- Problem requirements: Return the entries below precisely, omitting nothing.

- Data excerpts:
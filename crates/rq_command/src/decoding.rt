//! Reading a command.
ghost use Rattle.std.specs.Prelude.{◌≡◌, ◌⊎◌, ℕ, List, IfOk};
ghost use Rattle.rq_values.specs.Place.{IsAnswer};
ghost use Rattle.rq_values.specs.Reading.{Gives, NeedsNoMemory, many_at};
ghost use Rattle.rq_statement.specs.declared.item.Item.{Item};
ghost use Rattle.rq_statement.specs.Bytes.{execute_bytes};
ghost use Rattle.rq_values.specs.declared.error.DecodeError.TheVariants as errors;
ghost use Rattle.rq_command.specs.Reading as spec;
ghost use Rattle.rq_command.specs.Reading.{IsPreparing, run_at, item_at, byte_at, command_at};
ghost use Rattle.rq_command.specs.Stored.{IsCommand};
ghost use Rattle.rq_command.specs.Whole.{Reads, answer_by};

use crate::laws::each_text_is_read_as_one;
use crate::texts::read_text;
use rq_canonical::settled_text_is_read;
use rq_statement::Item;
use rq_values::{DecodeError, MAX_COMMAND, NoMemory, Seq, next_kind, next_text, next_u8, next_u32};
use std::alloc::Global;

/// Whether the item is a statement, and the text is its canonical text.
fn is_run_text(text: &[u8], item: &Item) -> bool
    ensures { result ≡ spec.is_run_text text.now item.now }
{
    match item {
        Item::Run(settled) => settled.text() == text,
        Item::Fail(_) => false,
    }
}

/// A settled statement, by its canonical text.
#[tactic(auto, unfolding(crate::specs::Reading::run_at))]
fn next_run(alloc: Global, limit: u32, bytes: &[u8]) -> Result<(Item, &[u8]), DecodeError>
    ensures { (item_of : List ℕ → Item) → IsPreparing item_of → Gives (λ x. (x.0, x.1.now)) result (run_at item_of limit bytes.now) }
{
    each_text_is_read_as_one();
    let (text, rest) = next_text(alloc, limit, bytes)?;
    let item = read_text(alloc, text.bytes())?;
    if is_run_text(text.bytes(), &item) {
        Ok((item, rest))
    } else {
        Err(DecodeError::Text(bytes.len()))
    }
}

/// An item: 00 and a statement, or 01 and an error's text.
#[tactic(auto, unfolding(crate::specs::Reading::item_at))]
pub(crate) fn next_item(
    alloc: Global,
    limit: u32,
    bytes: &[u8],
) -> Result<(Item, &[u8]), DecodeError>
    ensures { (item_of : List ℕ → Item) → IsPreparing item_of → Gives (λ x. (x.0, x.1.now)) result (item_at item_of limit bytes.now) }
{
    let (kind, rest) = next_kind(1, bytes)?;
    if kind == 0 {
        return next_run(alloc, limit, rest);
    }
    let (text, rest) = next_text(alloc, limit, rest)?;
    Ok((Item::Fail(text), rest))
}

/// So many items.
pub(crate) fn next_items(
    alloc: Global,
    limit: u32,
    count: u32,
    bytes: &[u8],
) -> Result<(Seq<Item>, &[u8]), DecodeError>
    ensures { (item_of : List ℕ → Item) → IsPreparing item_of → Gives (λ x. (x.0, x.1.now)) result (many_at (item_at item_of limit) count bytes.now) }
{
    let mut items = Seq::new(alloc);
    let mut rest = bytes;
    for _ in 0..count {
        let (item, after) = next_item(alloc, limit, rest)?;
        items.push(item)?;
        rest = after;
    }
    Ok((items, rest))
}

/// The one byte that may stand here.
#[tactic(auto, unfolding(crate::specs::Reading::byte_at))]
fn next_byte(wanted: u8, bytes: &[u8]) -> Result<(u8, &[u8]), DecodeError>
    ensures gives { Gives (λ x. (x.0, x.1.now)) result (byte_at wanted bytes.now) }
    ensures sure { NeedsNoMemory result }
{
    let (byte, rest) = next_u8(bytes)?;
    if byte != wanted {
        return Err(DecodeError::Kind(bytes.len(), byte));
    }
    Ok((byte, rest))
}

/// The command at the start of the bytes, and the bytes after it.
#[tactic(auto, unfolding(crate::specs::Reading::command_at, rq_values::specs::Reading::list_at))]
fn next_command(alloc: Global, limit: u32, bytes: &[u8]) -> Result<(Seq<Item>, &[u8]), DecodeError>
    ensures { (item_of : List ℕ → Item) → IsPreparing item_of → Gives (λ x. (x.0, x.1.now)) result (command_at item_of limit bytes.now) }
{
    let (_kind, rest) = next_byte(1, bytes)?;
    let (_transaction, rest) = next_byte(0, rest)?;
    let (count, rest) = next_u32(rest)?;
    next_items(alloc, limit, count, rest)
}

/// The items of the command that is the whole input.
#[tactic(auto, using(rq_values::proofs::Faults::whole_fault))]
fn decode_whole(alloc: Global, limit: u32, bytes: &[u8]) -> Result<Seq<Item>, DecodeError>
    ensures { (item_of : List ℕ → Item) → IsPreparing item_of → IsAnswer result (answer_by item_of limit bytes.now) }
{
    match next_command(alloc, limit, bytes) {
        Err(error) => Err(error.placed(bytes.len())),
        Ok((items, rest)) => {
            if rest.is_empty() {
                Ok(items)
            } else {
                drop(items);
                Err(DecodeError::Trailing(bytes.len().saturating_sub(rest.len())))
            }
        }
    }
}

/// The items of the command Execute that is the whole input. Each text of a statement must be the canonical text of a settled one.
#[tactic(auto, using(crate::proofs::Told::told))]
pub fn decode_execute(alloc: Global, bytes: &[u8]) -> Result<Seq<Item>, DecodeError>
    ensures answer { Reads MAX_COMMAND bytes.now result }
    ensures ok { IfOk result (λ items. (bytes.now ≡ execute_bytes items) × IsCommand MAX_COMMAND items) }
    ensures complete { (items : List Item) → bytes.now ≡ execute_bytes items → IsCommand MAX_COMMAND items → (result ≡ Ok items) ⊎ (result ≡ Err errors.NoMemory) }
{
    each_text_is_read_as_one();
    settled_text_is_read();
    decode_whole(alloc, MAX_COMMAND, bytes)
}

- Task result:
filename crates/rq_command/src/decoding.rt
//! Reading a command.
ghost use Rattle.std.specs.Prelude.{◌≡◌, ◌⊎◌, ℕ, List, IfOk};
ghost use Rattle.rq_values.specs.Place.{IsAnswer};
ghost use Rattle.rq_values.specs.Reading.{Gives, NeedsNoMemory, many_at};
ghost use Rattle.rq_statement.specs.declared.item.Item.{Item};
ghost use Rattle.rq_statement.specs.Bytes.{execute_bytes};
ghost use Rattle.rq_values.specs.declared.error.DecodeError.TheVariants as errors;
ghost use Rattle.rq_command.specs.Reading as spec;
ghost use Rattle.rq_command.specs.Reading.{IsPreparing, run_at, item_at, byte_at, command_at};
ghost use Rattle.rq_command.specs.Stored.{IsCommand};
ghost use Rattle.rq_command.specs.Whole.{Reads, answer_by};

use crate::laws::each_text_is_read_as_one;
use crate::texts::read_text;
use rq_canonical::settled_text_is_read;
use rq_statement::Item;
use rq_values::{DecodeError, MAX_COMMAND, NoMemory, Seq, next_kind, next_text, next_u8, next_u32};
use std::alloc::Global;

/// Whether the item is a statement, and the text is its canonical text.
fn is_run_text(text: &[u8], item: &Item) -> bool
    ensures { result ≡ spec.is_run_text text.now item.now }
{
    match item {
        Item::Run(settled) => settled.text() == text,
        Item::Fail(_) => false,
    }
}

/// A settled statement, by its canonical text.
#[tactic(auto, unfolding(crate::specs::Reading::run_at))]
fn next_run(alloc: Global, limit: u32, bytes: &[u8]) -> Result<(Item, &[u8]), DecodeError>
    ensures { (item_of : List ℕ → Item) → IsPreparing item_of → Gives (λ x. (x.0, x.1.now)) result (run_at item_of limit bytes.now) }
{
    each_text_is_read_as_one();
    let (text, rest) = next_text(alloc, limit, bytes)?;
    let item = read_text(alloc, text.bytes())?;
    if is_run_text(text.bytes(), &item) {
        Ok((item, rest))
    } else {
        Err(DecodeError::Text(bytes.len()))
    }
}

/// An item: 00 and a statement, or 01 and an error's text.
#[tactic(auto, unfolding(crate::specs::Reading::item_at))]
pub(crate) fn next_item(
    alloc: Global,
    limit: u32,
    bytes: &[u8],
) -> Result<(Item, &[u8]), DecodeError>
    ensures { (item_of : List ℕ → Item) → IsPreparing item_of → Gives (λ x. (x.0, x.1.now)) result (item_at item_of limit bytes.now) }
{
    let (kind, rest) = next_kind(1, bytes)?;
    if kind == 0 {
        return next_run(alloc, limit, rest);
    }
    let (text, rest) = next_text(alloc, limit, rest)?;
    Ok((Item::Fail(text), rest))
}

/// So many items.
pub(crate) fn next_items(
    alloc: Global,
    limit: u32,
    count: u32,
    bytes: &[u8],
) -> Result<(Seq<Item>, &[u8]), DecodeError>
    ensures { (item_of : List ℕ → Item) → IsPreparing item_of → Gives (λ x. (x.0, x.1.now)) result (many_at (item_at item_of limit) count bytes.now) }
{
    let mut items = Seq::new(alloc);
    let mut rest = bytes;
    for _ in 0..count {
        let (item, after) = next_item(alloc, limit, rest)?;
        items.push(item)?;
        rest = after;
    }
    Ok((items, rest))
}

/// The one byte that may stand here.
#[tactic(auto, unfolding(crate::specs::Reading::byte_at))]
fn next_byte(wanted: u8, bytes: &[u8]) -> Result<(u8, &[u8]), DecodeError>
    ensures gives { Gives (λ x. (x.0, x.1.now)) result (byte_at wanted bytes.now) }
    ensures sure { NeedsNoMemory result }
{
    let (byte, rest) = next_u8(bytes)?;
    if byte != wanted {
        return Err(DecodeError::Kind(bytes.len(), byte));
    }
    Ok((byte, rest))
}

/// The command at the start of the bytes, and the bytes after it.
#[tactic(auto, unfolding(crate::specs::Reading::command_at, rq_values::specs::Reading::list_at))]
fn next_command(alloc: Global, limit: u32, bytes: &[u8]) -> Result<(Seq<Item>, &[u8]), DecodeError>
    ensures { (item_of : List ℕ → Item) → IsPreparing item_of → Gives (λ x. (x.0, x.1.now)) result (command_at item_of limit bytes.now) }
{
    let (_kind, rest) = next_byte(1, bytes)?;
    let (_transaction, rest) = next_byte(0, rest)?;
    let (count, rest) = next_u32(rest)?;
    next_items(alloc, limit, count, rest)
}

/// The items of the command that is the whole input.
#[tactic(auto, using(rq_values::proofs::Faults::whole_fault))]
fn decode_whole(alloc: Global, limit: u32, bytes: &[u8]) -> Result<Seq<Item>, DecodeError>
    ensures { (item_of : List ℕ → Item) → IsPreparing item_of → IsAnswer result (answer_by item_of limit bytes.now) }
{
    match next_command(alloc, limit, bytes) {
        Err(error) => Err(error.placed(bytes.len())),
        Ok((items, rest)) => {
            if rest.is_empty() {
                Ok(items)
            } else {
                drop(items);
                Err(DecodeError::Trailing(bytes.len().saturating_sub(rest.len())))
            }
        }
    }
}

/// The items of the command Execute that is the whole input. Each text of a statement must be the canonical text of a settled one.
#[tactic(auto, using(crate::proofs::Told::told))]
pub fn decode_execute(alloc: Global, bytes: &[u8]) -> Result<Seq<Item>, DecodeError>
    ensures answer { Reads MAX_COMMAND bytes.now result }
    ensures ok { IfOk result (λ items. (bytes.now ≡ execute_bytes items) × IsCommand MAX_COMMAND items) }
    ensures complete { (items : List Item) → bytes.now ≡ execute_bytes items → IsCommand MAX_COMMAND items → (result ≡ Ok items) ⊎ (result ≡ Err errors.NoMemory) }
{
    each_text_is_read_as_one();
    settled_text_is_read();
    decode_whole(alloc, MAX_COMMAND, bytes)
}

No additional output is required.